You can 'fix' your second example by setting w1 and w2 as globals instead. It doesn't actually matter what you pass in as the first and second arguments to the derivative() call, because those w1 and w2 argument values are entirely ignored:

>>> w1 = 5
>>> w2 = 8
>>> derivative('This value is ignored', 'And so is this one', 2)
68

In your local setup, you probably set w1 and w2 to 4 and 5, respectively, because it is those values for which x is 53:

>>> w1 = 4
>>> w2 = 5
>>> derivative('This value is ignored', 'And so is this one', 2)
53

For your first example, w1 and w2 are provided by the locals in derivative(); it doesn't matter what global names you may have defined, those are not going to be used instead.

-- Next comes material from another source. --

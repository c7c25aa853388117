// What holds of every call and of every sequence of calls: definitions in specs/, theorems in proofs/; no code.
#![tactic(auto)]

If you want to define f outside of derivative(), and still pass in w1 and w2 to derivative() first, then you also need to pass those same values on to the f() function:

def f(x, w1, w2):
    return w1 * x**3 + w2 * x - 1

def derivative(w1, w2, pt):
    x = sy.Symbol('x')

    # Get derivative of f(x, w1, w2)
    def df(x):
        return sy.diff(f(x, w1, w2), x)

    # Evaluate at point x
    return df(x).subs(x,pt)

Now f() explicitly receives w1 and w2 from the nested df() function, and not from globals.